In a previous project, I compared word embeddings between models trained on a Wikipedia corpus and a Twitter corpus. The same words had different vectors associated with them, different words closest to them in vector space, and different semantic meanings. One problem I encountered during this project was the curse of dimensionality: reducing 200-dimensional vectors down to 2 or 3 meant losing important information and patterns. Many of the visualizations of these embeddings looked like random dots in space, with no visible pattern.

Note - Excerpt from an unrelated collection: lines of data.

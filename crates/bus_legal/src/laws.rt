//! Laws over the definitions. Each is a function that does nothing, and whose contract is the law.
ghost use Rattle.std.specs.Prelude.{◌≡◌, ◌↔◌, ◌≤◌, ◌==◌, ℕ, List, Bool, true};
ghost use Rattle.bus_word.specs.declared.cell.Cell.{Cell};
ghost use Rattle.bus_word.specs.declared.cell.Cell.TheVariants.{OwnMode};
ghost use Rattle.bus_word.specs.Cell.{is_allowed};
ghost use Rattle.bus_word.specs.Mode.{is_required_code};
ghost use Rattle.bus_legal.specs.declared.entries.Rule.{Rule};
ghost use Rattle.bus_legal.specs.declared.entries.ModeRule.{ModeRule};
ghost use Rattle.bus_legal.specs.declared.profile.Profile.{Profile};
ghost use Rattle.bus_legal.specs.OwnCodes.{is_own_code_legal};
ghost use Rattle.bus_legal.specs.Plain.{plain};
ghost use Rattle.bus_legal.specs.declared.setup.Setup.{Setup};
ghost use Rattle.bus_legal.specs.Description.{Description, described};
ghost use Rattle.bus_legal.specs.Legal.{is_legal};
ghost use Rattle.bus_legal.specs.Meaning.{description_of, SetsUp};
ghost use Rattle.bus_legal.specs.Reach.{is_heard, transmits_at, receives_at, reach};
ghost use Rattle.bus_legal.specs.Tables.{tables_say};
ghost use Rattle.bus_legal.specs.Parts.{Parts, parts_of, description_in, AreInRange, AreReached, IsNormal};

/// Every legal cell is one that some command has.
pub fn legal_cells_are_allowed()
    ensures { (rules : List Rule) (modes : List ModeRule) (cell : Cell) → is_legal rules modes cell ≡ true → is_allowed cell ≡ true }
{}

/// Of the own mode codes just those are legal that the reader of profiles takes for legal.
pub fn own_codes_are_legal_alike()
    ensures { (rules : List Rule) (modes : List ModeRule) (code : ℕ) → is_legal rules modes (OwnMode code) ≡ is_own_code_legal modes code }
{}

/// In every profile the own mode codes that must be legal are.
pub fn required_codes_are_legal()
    ensures { (p : Profile) (code : ℕ) → is_required_code code ≡ true → is_legal p.rules p.modes (OwnMode code) ≡ true }
{}

/// A profile's description depends on its plain values alone.
pub fn plain_profiles_describe_alike()
    ensures { (p q : Profile) → plain p ≡ plain q → description_of p ≡ description_of q }
{}

/// What can be reached of what can be reached is all of it.
pub fn reach_twice()
    ensures { (P : Description) → reach (reach P) ≡ reach P }
{}

/// What is legal of the commands that are meant for the terminal stays so in what can be reached.
pub fn reach_keeps_heard_cells()
    ensures { (P : Description) (cell : Cell) → is_heard P.broadcast cell ≡ true → (reach P).legal cell ≡ P.legal cell }
{}

/// The words that a legal transmit command asks for stay in what can be reached.
pub fn reach_keeps_sent_words()
    ensures { (P : Description) (s n i : ℕ) → transmits_at P s n ≡ true → n ≤ 32 → 1 ≤ i → i ≤ n → (reach P).initial s i ≡ P.initial s i }
{}

/// Wraparound stays in what can be reached where a legal receive command and a legal transmit
/// command show it.
pub fn reach_keeps_shown_wraparound()
    ensures { (P : Description) (s m n : ℕ) → 1 ≤ s → receives_at P s m ≡ true → 1 ≤ m → m ≤ 32
        → transmits_at P s n ≡ true → 1 ≤ n → n ≤ 32 → (s == (reach P).wrap) ≡ (s == P.wrap) }
{}

/// A terminal that is set up by a profile, with a legality that is the profile's, is described as the
/// profile is.
pub fn set_up_by_profile()
    ensures { (p : Profile) (setup : Setup) (means : Cell → Bool) → SetsUp p setup
        → ((cell : Cell) → means cell ≡ is_legal p.rules p.modes cell)
        → described setup means ≡ description_of p }
{}

/// All of a `Normal` can be reached.
pub fn normal_is_reached()
    ensures { (v : Parts) → IsNormal v → reach (description_in v) ≡ description_in v }
{}

/// A `Normal` is what is its own reached part, with the own mode codes legal that must be, among the
/// parts within their ranges.
pub fn normals_are_reached()
    ensures in_range { (v : Parts) → IsNormal v → AreInRange v }
    ensures exactly { (v : Parts) → AreInRange v → IsNormal v ↔ AreReached v }
{}

/// In every `Normal` the own mode codes that must be legal are.
pub fn normal_has_required_codes()
    ensures { (v : Parts) → IsNormal v → (code : ℕ) → is_required_code code ≡ true → tables_say v.tables (OwnMode code) ≡ true }
{}

/// A terminal that is set up by a `Normal`, with its legality, is described as the `Normal` is.
pub fn set_up_by_normal()
    ensures { (v : Parts) (setup : Setup) → parts_of setup v.tables ≡ v → described setup (tables_say v.tables) ≡ description_in v }
{}

/// `Normal`s that describe the same are the same.
pub fn same_normals()
    ensures { (v w : Parts) → IsNormal v → IsNormal w → description_in v ≡ description_in w → v ≡ w }
{}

I had two goals in mind when I created this app. I wanted to let users interact with word embeddings and machine-learned vocabulary by being able to input their own words. I also wanted to see if certain words had specific patterns in vector space.
Design
In the Streamlit app, users can input a word or click on the “Random Word” button. An interactive 3D graph shows that word plus the nearest words based on cosine similarity. A slider determines how many nearest words are presented, from 5 to 50. Below the graph is a table with the nearest words ranked by cosine similarity to the input word.
Data
The pre-trained word embeddings used in this project were 50-dimensional GloVe embeddings from a 2014 Wikipedia dump. I used 50-dimensional embeddings in hopes of reducing computational time. The model was trained on 6 billion tokens, resulting in a vocabulary of 400,000 words and corresponding 50-dimensional vectors.
Algorithms
Caching was used in hopes of reducing the time it took for the application to load. Errors were handled with try/except clauses. PCA was used for dimensionality reduction.
Tools
- Streamlit for app deployment
- Plotly for 3D visualization
- Gensim for data acquisition
- Scikit-learn for PCA
- Pandas and numpy for analysis
Communication
The Streamlit app is available for use. It takes a few minutes to load.